# [solved]hal-0.5.11-r3 has bug?

## mikeandmore

mike@localhost disk % lshal | grep block.device 

  block.device = '//dev/sda'  (string)

  block.device = '//dev/sda9'  (string)

  block.device = '//dev/sda8'  (string)

  block.device = '//dev/sda7'  (string)

  block.device = '//dev/sda6'  (string)

  block.device = '//dev/sda5'  (string)

  block.device = '//dev/sda2'  (string)

  block.device = '//dev/sda1'  (string)

  block.device = '//dev/sr0'  (string)

and that's maybe why i can't umount /dev/sdb1 (which is my usbdisk).

after i tried umount //dev/sdb1 it works......

OMG...Last edited by mikeandmore on Fri Sep 12, 2008 2:32 pm; edited 1 time in total

----------

## d2_racing

Hi, can you post your emerge --info ?

Also, do you have some special feature inside /etc/fstab ?

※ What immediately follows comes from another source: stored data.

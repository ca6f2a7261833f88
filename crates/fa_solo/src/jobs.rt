//! All work that dies have.
ghost use Rattle.std.specs.Prelude.{◌≡◌, true, false, IfSome};
ghost use Rattle.fa_machine.specs.Reading.{results as rule_results};
ghost use Rattle.fa_solo.specs.Rebuilding.{IsStuck};
ghost use Rattle.fa_solo_job.specs.Deeds.{IsAwaited, IsForDies, IsForRequests};
ghost use Rattle.fa_solo_job.specs.Inner.{Does};

use fa_core_calls::{Events, Looks};
use fa_image::Image;
use fa_machine::{BatchId, ReadState};
use fa_shared::{advance, bring_in_spare};
use fa_solo_job::{Inner, run_next};
use fa_types::Die;
use std::alloc::Allocator;
use std::sync::ledger::Ledger;

/// Makes a job of each die that has one, and behind these the round passes, if the batch awaits a later one and if it may. Where no die had
/// a job it passes too if one is awaited for a step of a collector. Whether anything was done.
pub(crate) fn work<L: Ledger, E: Events<A>, I: Image, A: Allocator + Copy>(
    inner: &mut Inner<L, E, I, A>,
    batch: Option<BatchId>,
) -> bool
    ensures does { Does I.made IsForDies inner.old inner.new }
    ensures stuck { result ≡ false → IfSome batch (λ batch. rule_results inner.new.locked.core batch.0 ≡ ReadState.Waiting
        → IsStuck inner.new.locked.core) }
{
    if make_jobs(inner) {
        pass_for(inner, batch);
        return true;
    }
    if !is_awaited(inner.locked.array(), batch) {
        return false;
    }
    pass_round(inner)
}

/// The same until the batch, if one is awaited, has all of its answers, or there is nothing to be done. Whether anything was done.
pub(crate) fn work_for<L: Ledger, E: Events<A>, I: Image, A: Allocator + Copy>(
    inner: &mut Inner<L, E, I, A>,
    batch: Option<BatchId>,
) -> bool
    ensures { Does I.made IsForDies inner.old inner.new }
{
    if !work(inner, batch) {
        return false;
    }
    for _ in 0..u64::MAX {
        if !work_again(inner, batch) {
            return true;
        }
    }
    true
}

/// The same once, if the batch has not all of its answers.
fn work_again<L: Ledger, E: Events<A>, I: Image, A: Allocator + Copy>(
    inner: &mut Inner<L, E, I, A>,
    batch: Option<BatchId>,
) -> bool
    ensures { Does I.made IsForDies inner.old inner.new }
{
    if !is_read(inner.locked.array(), batch) {
        return false;
    }
    work(inner, batch)
}

/// Whether a later round is awaited: the batch has not all of its answers, or a die that has a window has a block to collect.
fn is_awaited<E: Looks>(array: &E, batch: Option<BatchId>) -> bool
    requires whole { E.whole array.now }
    ensures yes { result ≡ true → IsAwaited (E.core array.now) }
    ensures no { result ≡ false → IfSome batch (λ batch. rule_results (E.core array.now) batch.0 ≡ ReadState.Waiting → ⊥) }
{
    if is_read(array, batch) {
        return true;
    }
    is_collected(array)
}

/// Whether the batch has not all of its answers.
fn is_read<E: Looks>(array: &E, batch: Option<BatchId>) -> bool
    requires whole { E.whole array.now }
    ensures yes { result ≡ true → IsAwaited (E.core array.now) }
    ensures no { result ≡ false → IfSome batch (λ batch. rule_results (E.core array.now) batch.0 ≡ ReadState.Waiting → ⊥) }
{
    let Some(batch) = batch else {
        return false;
    };
    match array.results(batch) {
        ReadState::Waiting => true,
        ReadState::Ready => false,
        ReadState::Torn => false,
    }
}

/// Whether some live die that has a window has a block to collect.
fn is_collected<E: Looks>(array: &E) -> bool
    ensures { result ≡ true → IsAwaited (E.core array.now) }
{
    for die in 0..array.geometry().dies {
        if has_step(array, Die(die as u8)) {
            return true;
        }
    }
    false
}

/// Whether the die is live, has a window, and has a block to collect.
fn has_step<E: Looks>(array: &E, die: Die) -> bool
    ensures { result ≡ true → IsAwaited (E.core array.now) }
{
    if !array.is_die(die) {
        return false;
    }
    if !array.has_window(die) {
        return false;
    }
    if !array.is_live(die) {
        return false;
    }
    array.victim(die).is_some()
}

/// The same until there is nothing to be done.
pub(crate) fn work_off<L: Ledger, E: Events<A>, I: Image, A: Allocator + Copy>(
    inner: &mut Inner<L, E, I, A>,
)
    ensures { Does I.made IsForDies inner.old inner.new }
{
    for _ in 0..u64::MAX {
        if !work(inner, None) {
            return;
        }
    }
}

/// Makes a job of each die that has one. Whether a die had one.
fn make_jobs<L: Ledger, E: Events<A>, I: Image, A: Allocator + Copy>(
    inner: &mut Inner<L, E, I, A>,
) -> bool
    ensures { Does I.made IsForDies inner.old inner.new }
{
    let mut made = false;
    for die in 0..inner.locked.array().geometry().dies {
        if run_next(inner, Die(die as u8)) {
            made = true;
        }
    }
    made
}

/// Brings in a spare, where one is wanted.
pub(crate) fn bring_in<L: Ledger, E: Events<A>, I: Image, A: Allocator + Copy>(
    inner: &mut Inner<L, E, I, A>,
)
    ensures { Does I.made IsForRequests inner.old inner.new }
{
    bring_in_spare(inner.alloc, &mut inner.locked, &mut inner.seat);
}

/// Lets the round pass, if the batch has not all of its answers and if it may.
fn pass_for<L: Ledger, E: Events<A>, I: Image, A: Allocator + Copy>(
    inner: &mut Inner<L, E, I, A>,
    batch: Option<BatchId>,
)
    ensures { Does I.made IsForDies inner.old inner.new }
{
    if !is_read(inner.locked.array(), batch) {
        return;
    }
    pass_round(inner);
}

/// Lets the round pass, if it may. Whether it passed.
fn pass_round<L: Ledger, E: Events<A>, I: Image, A: Allocator + Copy>(
    inner: &mut Inner<L, E, I, A>,
) -> bool
    requires { IsAwaited inner.old.locked.core }
    ensures does { Does I.made IsForDies inner.old inner.new }
    ensures stuck { result ≡ false → IsStuck inner.new.locked.core }
{
    advance(inner.alloc, &mut inner.locked, &mut inner.seat).is_ok()
}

Finally, did you create some custom rule inside udev ?

----------

## mikeandmore

 *d2_racing wrote:*   

> Hi, can you post your emerge --info ?
> 
> Also, do you have some special feature inside /etc/fstab ?
> 
> Finally, did you create some custom rule inside udev ?

 

Hi, thanks for reply.

It seems that other people don't have this problem....

so 

/etc/fstab

```

/dev/sda2               /               ext3            noatime         0 1

/dev/sda9               /boot           ext3            noauto,noatime  1 2

/dev/sda7               /home           ext3            noatime         0 1

/dev/sda5               /mnt/data       reiserfs        noatime         0 1

/dev/sda6               /mnt/source     reiserfs        noatime         0 1

/dev/sda8               none            swap            sw              0 0

#/dev/cdrom             /mnt/cdrom      auto            noauto,ro       0 0

#/dev/fd0               /mnt/floppy     auto            noauto          0 0

# glibc 2.2 and above expects tmpfs to be mounted at /dev/shm for 

# POSIX shared memory (shm_open, shm_unlink).

# (tmpfs is a dynamically expandable/shrinkable ramdisk, and will

#  use almost no memory if not populated with files)

shm                     /dev/shm        tmpfs           nodev,nosuid,noexec     0 0

tmpfs                   /tmp            tmpfs           size=128m,mode=1777     0 0

```

which i actually don't think that's the case.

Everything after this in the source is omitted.